Why are these two equivalent? (Modular multiplicative inverse) According to Wikipedia's entry "Modular Multiplicative Inverse," $d\equiv e^{-1}  \pmod {\phi(n)}$ and $ed\equiv 1 \pmod{\phi(n)}$ are equivalent. Why is this the case? Can someone provide a step-by-step explanation as to how you can go from the first expression to the second? (I'm just starting to learn modulos to understand RSA, please keep it at a beginner level).
 A: $$
\begin{align}
d & \equiv e^{-1}  \pmod {\phi(n)} \\ \\
ed & \equiv ee^{-1} \pmod{\phi(n)} \\ \\
ed & \equiv 1 \pmod{\phi(n)}
\end{align}
$$
$e^{-1} \pmod{\phi(n)}$ denotes (and presumes the existence of) the multiplicative inverse of the element, $e \pmod {\phi(n)},\;$; and (assuming it exists), the multiplicative inverse of $\,e\,$ is denoted $e^{-1}$. 

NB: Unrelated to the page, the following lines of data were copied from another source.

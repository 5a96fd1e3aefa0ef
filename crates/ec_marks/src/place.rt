//! Where a byte stands among the words, quotes and comments of SQL (PostgreSQL manual, 4.1, Lexical Structure).

ghost use Rattle.std.specs.Prelude.{◌≡◌};
ghost use Rattle.ec_marks.specs.Steps as rule;
ghost use Rattle.ec_marks.specs.Views.{place_view};

/// Where a byte stands.
#[derive(Clone, Copy, Debug, PartialEq, Eq)]
pub(crate) enum Place {
    /// Between words.
    Between,
    /// Behind the word `E`, which makes a quote behind it one with backslashes.
    BehindE,
    /// In another word.
    InWord,
    InNumber,
    /// In a quote that ends at this byte.
    Quoted(u8),
    /// In a quote with backslashes.
    Escaped,
    /// In a comment to the end of the line.
    Dashed,
    /// In a comment that lies in so many others.
    Commented(u64),
}

fn is_letter(byte: u8) -> bool
    ensures { result ≡ rule.is_letter byte }
{
    (65 <= byte && byte <= 90) || (97 <= byte && byte <= 122)
}

fn is_digit(byte: u8) -> bool
    ensures { result ≡ rule.is_digit byte }
{
    48 <= byte && byte <= 57
}

/// Whether a word begins with the byte: a letter, `_`, or a byte above 127.
fn begins_word(byte: u8) -> bool
    ensures { result ≡ rule.begins_word byte }
{
    is_letter(byte) || byte == b'_' || 127 < byte
}

fn goes_on_word(byte: u8) -> bool
    ensures { result ≡ rule.goes_on_word byte }
{
    begins_word(byte) || is_digit(byte) || byte == b'$'
}

fn goes_on_number(byte: u8) -> bool
    ensures { result ≡ rule.goes_on_number byte }
{
    is_letter(byte) || is_digit(byte) || byte == b'_' || byte == b'.'
}

/// Whether a number begins with the byte: a digit, or a dot before one.
fn begins_number(byte: u8, next: u8) -> bool
    ensures { result ≡ rule.begins_number byte next }
{
    is_digit(byte) || (byte == b'.' && is_digit(next))
}

/// Behind a byte that begins something of its own.
fn after_first(byte: u8, next: u8) -> Place
    ensures { place_view result ≡ rule.after_first byte next }
{
    if byte == b'E' || byte == b'e' {
        return Place::BehindE;
    }
    if begins_word(byte) {
        return Place::InWord;
    }
    if begins_number(byte, next) {
        return Place::InNumber;
    }
    if byte == b'\'' || byte == b'"' {
        return Place::Quoted(byte);
    }
    Place::Between
}

/// Behind a byte that stands directly behind the word `E`.
fn after_e(byte: u8, next: u8) -> Place
    ensures { place_view result ≡ rule.after_e byte next }
{
    if byte == b'\'' {
        return Place::Escaped;
    }
    if goes_on_word(byte) {
        return Place::InWord;
    }
    after_first(byte, next)
}

fn after_word(byte: u8, next: u8) -> Place
    ensures { place_view result ≡ rule.after_word byte next }
{
    if goes_on_word(byte) {
        return Place::InWord;
    }
    after_first(byte, next)
}

fn after_number(byte: u8, next: u8) -> Place
    ensures { place_view result ≡ rule.after_number byte next }
{
    if goes_on_number(byte) {
        return Place::InNumber;
    }
    after_first(byte, next)
}

/// Where the next byte stands, behind a byte that is outside quotes and comments.
pub(crate) fn behind(place: Place, byte: u8, next: u8) -> Place
    ensures { place_view result ≡ rule.behind (place_view place) byte next }
{
    match place {
        Place::Between => after_first(byte, next),
        Place::BehindE => after_e(byte, next),
        Place::InWord => after_word(byte, next),
        Place::InNumber => after_number(byte, next),
        Place::Quoted(_) | Place::Escaped | Place::Dashed | Place::Commented(_) => place,
    }
}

By definition, $e^{-1}$ exists and is the multiplicative inverse of $\,e\,$ if and only if satisfies $$ee^{-1} \equiv e^{-1}e \equiv 1 \pmod{\phi(n)}$$ where $1$ denotes the multiplicative identity.
A: That's what "$e^{-1}$" means.
The number (or equivalence class of numbers) called $e^{-1}$ is by definition that which when multiplied by $e$ gives $1$.
For example, $2\cdot6\equiv1\mod{11}$; therefore $2=6^{-1}$ in the field of integers modulo $11$.
Later note: Since the issue was raised in comments: For some values of $n$ and $e$, the number $e$ has no mod-$n$ multiplicative inverse.  That doesn't alter the validity of what I wrote above.  In those cases in which there exists a number $d$ such that $ed\equiv1\pmod n$, the number $d$ is called $e^{-1}$.
Of course, for all this to make sense, it must have been shown that multiplication actually exists in this context, i.e. if $a_1\equiv a_2$ and $b_1\equiv b_2$, then $a_1b_1\equiv a_2b_2$.
A: The number $e^{-1}$ (defined specifically modulo $\varphi(n)$) is an integer $f$ such that $ef \equiv 1 \mod \varphi(n)$, i.e. $ef = 1 + k\varphi(n)$ for some $k$. (It might help you to computer $5^{-1} \mod 7$ or something. You should get many answers, and they should all be integers. There should only be one answer between $0$ and $6$ - what is it?)
Your two statements, written in "non-modular" arithmetic, are:
(a) $d = f + \ell\varphi(n)$ for some $\ell$
(b) $ed = 1 + m\varphi(n)$ for some $m$.
To prove that (a) implies (b), try multiplying both sides by $e$. To prove that (b) implies (a), try multiplying both sides by $f$.